Products that only half-work, sold to you via pathetic “proof.”
Go here and check out real proof >>>http://bit.ly/jwcwMB
You won’t be sorry.
Nigel Richards is selling a killer software that drives traffic like crazy.
Doesn’t matter where you do business—Clickbank, Plimus, PayPal, etc.
Your affiliate accounts are gonna be stuffed with traffic.
And that means commissions and that means fun!
Once you see the proof you’ll agree it’s quite astounding.
You won’t find anything like this on the Web.
No fake screenshots, no photo shopped millionaires.
This system is quite the performer and you can take a closer look at how it does so now >>http://bit.ly/jwcwMB
The world’s unemployment lines are filled with people who stood around waiting for an opportunity out of fear and timidity.
This is your chance to grab a copy of a breakthrough software and finally kick some butt in life.
Many marketing pros are going to have to rethink the 21st Century once this catches on.
They’ll want in bad and so should you.
If you’re already living large as an affiliate marketer, then I guess you’ll be leaving now.
As the old Irish cops used to say in the movies…

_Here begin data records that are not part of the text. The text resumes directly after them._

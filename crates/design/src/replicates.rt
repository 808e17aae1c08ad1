// The first treatment family on points: plots with the same treatments are taken together. Where there are few such points, with as many
// plots each, members are orthogonal on the points exactly when they are on the plots.
ghost use Rattle.std.specs.Prelude.{◌≡◌, false, ℕ, ◌+◌, ◌*◌, ◌≤◌, ◌<◌, length, take};
ghost use Rattle.std.proofs.Math.Seq.{paste};
ghost use Rattle.rules.specs.Limits.{most_plots, table_cells, family_bytes};
ghost use Rattle.rules.specs.Factor.{Uniform, Finer, classes, infimum, universal};
ghost use Rattle.rules.specs.Family.{columns_from};
ghost use Rattle.rules.specs.Closing.{treatment_generators};
ghost use Rattle.design.specs.State.{column_at};
ghost use Rattle.design.specs.Judging.{Listing};
ghost use Rattle.design.specs.Points.{Points, Ranged, points_on_plots};

use crate::closed::{ClosedFamily, close_family};
use crate::closing::{PAIRS, close};
use crate::points::{meet, spread_all};
use crate::treatments::place_choices;
use limits::{COLUMNS, FAMILY, LEVELS, Level, MEMBERS, PLOTS};

// Fewer treatment columns make a family that is closed in no time.
const SOME_COLUMNS: usize = 4;

// How many classes column `c` of the level table has.
fn column_classes(levels: &[Level], c: usize, n: usize) -> usize {
    levels::column_numbers(levels, c, n, &mut [0u8; PLOTS])
}

// Whether four treatment columns or more have few combinations of classes, half as many as there are plots, at most: then there are few
// points. Columns of two classes or more have two to the power of their number, at least, and none is numbered after the first that makes
// too many. Any answer is right; this one is quick.
pub fn few_combinations(levels: &[Level], n: usize, d: usize) -> bool
    requires { d ≤ 6 }
{
    SOME_COLUMNS <= d
        && 2 <= n >> d
        && (COLUMNS..COLUMNS + d)
            .try_fold(2, |product: usize, c| {
                let combinations = product.saturating_mul(column_classes(levels, c, n));
                (combinations <= n).then_some(combinations)
            })
            .is_some()
}

// Meets column `c` of the level table with what was met before it, in the first `n` bytes; answers how many classes there are.
fn meet_level(levels: &[Level], c: usize, n: usize, points: &mut [u8; PLOTS]) -> usize
    requires { (n ≤ most_plots) × (most_plots * c + most_plots ≤ length levels.now) }
    ensures answer { result ≡ classes (infimum (column_at n levels.now c) (take n points.old)) }
    ensures met { take n points.new ≡ infimum (column_at n levels.now c) (take n points.old) }
{
    let mut column = [0u8; PLOTS];
    levels::column_numbers(levels, c, n, &mut column);
    meet(&column[..n], points)
}

// Numbers the points of the treatment columns, in the first `n` bytes of `points`, which are 1 before; answers how many there are.
pub fn meet_levels(levels: &[Level], n: usize, d: usize, points: &mut [u8; PLOTS]) -> usize
    requires { (1 ≤ n) × (n ≤ most_plots) × (d ≤ 6) × (table_cells ≤ length levels.now) × (take n points.old ≡ universal n) }
    ensures points { Points n result (take n points.new) }
    ensures coarser { (c : ℕ) → c < d → Finer n (take n points.new) (column_at n levels.now (6 + c)) }
{
    let mut m = 1;
    for c in 0..d {
        m = meet_level(levels, COLUMNS + c, n, points);
    }
    m
}

// Column `c` of the level table as a column of points.
fn gathered_level(levels: &[Level], c: usize, n: usize, points: &[u8; PLOTS]) -> [Level; PLOTS]
    requires { (n ≤ most_plots) × (most_plots * c + most_plots ≤ length levels.now) × (c < 12) × Ranged n (take n points.now) × Finer n (take n points.now) (column_at n levels.now c) }
    ensures { (length result ≡ most_plots) × (points_on_plots (take n points.now) result ≡ column_at n levels.now c) }
{
    let start = PLOTS * c;
    let mut column: [Level; PLOTS] = [0; PLOTS];
    for (u, &level) in levels[start..start + n].iter().enumerate() {
        column[points[u] as usize - 1] = level;
    }
    column
}

// Copies a column to column `c` of a level table, by a walk as in `store::put`.
fn put_level(own: &mut [Level], c: usize, column: &[Level; PLOTS])
    requires { (length column.now ≡ most_plots) × (c < 12) × (most_plots * c + most_plots ≤ length own.old) }
    ensures { own.new ≡ paste own.old (most_plots * c) column.now most_plots }
{
    let start = PLOTS * c;
    for (u, &level) in column.iter().enumerate() {
        own[start + u] = level;
    }
}

// Gathers the treatment columns in a level table of their own, from its first column on.
fn gather_levels(levels: &[Level], n: usize, d: usize, points: &[u8; PLOTS], own: &mut [Level])
    requires { (n ≤ most_plots) × (d ≤ 6) × (table_cells ≤ length levels.now) × (length own.old ≡ table_cells) × Ranged n (take n points.now) × ((c : ℕ) → c < d → Finer n (take n points.now) (column_at n levels.now (6 + c))) }
    ensures room { length own.new ≡ table_cells }
    ensures columns { (c : ℕ) → c < d → points_on_plots (take n points.now) (column_at most_plots own.new c) ≡ column_at n levels.now (6 + c) }
{
    for c in 0..d {
        let column = gathered_level(levels, COLUMNS + c, n, points);
        put_level(own, c, &column);
    }
}

// Closes the first treatment family on `m` points with as many plots each, and writes it in its order, where it is not too large.
pub fn first_points(
    levels: &[Level],
    n: usize,
    d: usize,
    k: usize,
    points: &[u8; PLOTS],
    m: usize,
    store: &mut [u8],
    marks: &mut [u8; PAIRS],
    family: &mut [u8],
) -> Option<ClosedFamily>
    requires { (1 ≤ n) × (n ≤ most_plots) × (d ≤ 6) × (1 ≤ k) × (k ≤ 6) × (table_cells ≤ length levels.now) × (family_bytes ≤ length family.old) × (length store.old ≡ family_bytes) × (length marks.old ≡ 1024) × Points n m (take n points.now) × Uniform n (take n points.now) × ((c : ℕ) → c < d → Finer n (take n points.now) (column_at n levels.now (6 + c))) }
    ensures { Listing n false (treatment_generators n k (columns_from n levels.now 6 d)) family.old family.new marks.new result }
{
    let mut own_levels: [Level; LEVELS] = [0; LEVELS];
    gather_levels(levels, n, d, points, &mut own_levels);
    let mut own = [0u8; FAMILY];
    let mut counts = [0u8; MEMBERS];
    let start = place_choices(&own_levels, m, 0, d, k, &mut own, &mut counts, 0)?;
    let size = close(&mut own, &mut counts, marks, start, 0, m, false)?;
    spread_all(&own, size, n, points, store);
    close_family(store, &mut counts, marks, size, size, n, false, family)
}
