// The order of members, as numbers of classes or a walk over the plots tell it.
ghost use Rattle.std.specs.Prelude.{◌≡◌, true, ℕ, ◌≤◌, ◌<◌, length, get_or};
ghost use Rattle.rules.specs.Limits.{most_plots, most_members};
ghost use Rattle.rules.specs.Factor.{classes, finer};
ghost use Rattle.design.specs.State.{column_at};
ghost use Rattle.design.specs.Treatments.{known_finer, Numbered};
ghost use Rattle.design.specs.Crossing.{Counted, FinerBits, Ordered};

use factor::largest;
use families::member;
use limits::MEMBERS;

// Fewer members than these leave so little to follow from the order of the other family's members that it is not sought.
const SOME_MEMBERS: usize = 4;

// The members of a family on `plots` plots: its bytes, how many members there are, their numbers of classes, and words with a bit for each
// member that is finer, by place.
#[derive(Drop)]
pub struct Members<'a> {
    pub bytes: &'a [u8],
    pub plots: usize,
    pub size: usize,
    pub counts: [u8; MEMBERS],
    pub finer: [u32; MEMBERS],
    ghost ordered: { Ordered plots bytes.now counts finer size },
}

// The plot and the treatment members of a design, on the same plots.
#[derive(Drop)]
pub struct Sides<'a> {
    pub plot: Members<'a>,
    pub treatment: Members<'a>,
    ghost same_plots: { plot.plots ≡ treatment.plots },
}

// The members of a family; their order is known where the other family has members enough for it to be of use.
pub fn members_of<'a>(bytes: &'a [u8], plots: usize, size: usize, other: usize) -> Members<'a>
    requires { (1 ≤ plots) × (plots ≤ most_plots) × Numbered plots bytes.now size }
    ensures bytes { result.bytes.now ≡ bytes.now }
    ensures plots { result.plots ≡ plots }
    ensures size { result.size ≡ size }
{
    let counts = class_counts(bytes, plots, size);
    let finer = if other < SOME_MEMBERS {
        [0u32; MEMBERS]
    } else {
        finer_words(bytes, &counts, size, plots)
    };
    Members {
        bytes,
        plots,
        size,
        counts,
        finer,
    }
}

// Numbers of classes by place; 0 where there is no member. (Of `array::from_fn` the proof does not see what the calls return.)
fn class_counts(family: &[u8], n: usize, size: usize) -> [u8; MEMBERS]
    requires { (n ≤ most_plots) × Numbered n family.now size }
    ensures { Counted n family.now result size }
{
    let mut counts = [0u8; MEMBERS];
    for i in 0..size {
        counts[i] = largest(member(family, i, n));
    }
    counts
}

// Whether numbers of classes tell that a factor with `a` of them is finer than one with `b`: none is coarser than a factor with one
// class, and none is finer than one with a class for each plot.
pub fn known_finer(n: usize, a: u8, b: u8) -> bool
    ensures { result ≡ known_finer n a b }
{
    b == 1 || a as usize == n
}

// Whether a factor with `f` classes is found to be finer than one with `g`. None is walked that has fewer.
pub fn found_finer(a: &[u8], f: u8, b: &[u8], g: u8) -> bool
    requires { (1 ≤ length a.now) × (length a.now ≤ most_plots) × (length b.now ≡ length a.now) × (f ≡ classes a.now) × (g ≡ classes b.now) }
    ensures { result ≡ true → finer (length a.now) a.now b.now ≡ true }
{
    known_finer(a.len(), f, g) || (g <= f && factor::finer(a, b))
}

// A word with a bit for each member after `i` that is finer than it, where `words` has those of the members after it. Each member that is
// finer is noted with those finer than itself. Several tables are read at place `k`, so it is counted.
fn finer_word(
    family: &[u8],
    counts: &[u8; MEMBERS],
    words: &[u32; MEMBERS],
    size: usize,
    n: usize,
    i: usize,
) -> u32
    requires { (1 ≤ n) × (n ≤ most_plots) × (size ≤ most_members) × (i < size) × Counted n family.now counts.now size × ((k : ℕ) → FinerBits n family.now (get_or words.now k 0) k) }
    ensures { FinerBits n family.now result i }
{
    let mut word: u32 = 0;
    let column = member(family, i, n);
    for k in (i + 1)..size {
        if (word >> k) & 1 == 0 && found_finer(member(family, k, n), counts[k], column, counts[i]) {
            word |= words[k] | (1u32 << k);
        }
    }
    word
}

// Words with a bit for each member that is finer, by place.
fn finer_words(family: &[u8], counts: &[u8; MEMBERS], size: usize, n: usize) -> [u32; MEMBERS]
    requires { (1 ≤ n) × (n ≤ most_plots) × (size ≤ most_members) × Counted n family.now counts.now size }
    ensures { (k : ℕ) → FinerBits n family.now (get_or result k 0) k }
{
    let mut words = [0u32; MEMBERS];
    for i in (0..size).rev() {
        words[i] = finer_word(family, counts, &words, size, n, i);
    }
    words
}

“Move along now. Nothing to see here.”
You’re just eliminating yourself from competition.
And if you’re a newbie, you don’t need any affiliate marketing know-how at all.
Thirty-two seconds sets the system up and aligns it. Then let the traffic flow, the commissions swell and the music play because you don’t have to do squat, unless you want to.
Hope you make the right move.
Nigel is waiting for you on the inside >>>http://bit.ly/jwcwMB
To Greater Success!
Darell B. Provost



CA passed a law taxing out-of-state retailers with CA affiliates. Amazon terminated affiliate’s including Tim Ferris who lost a five figure monthly income.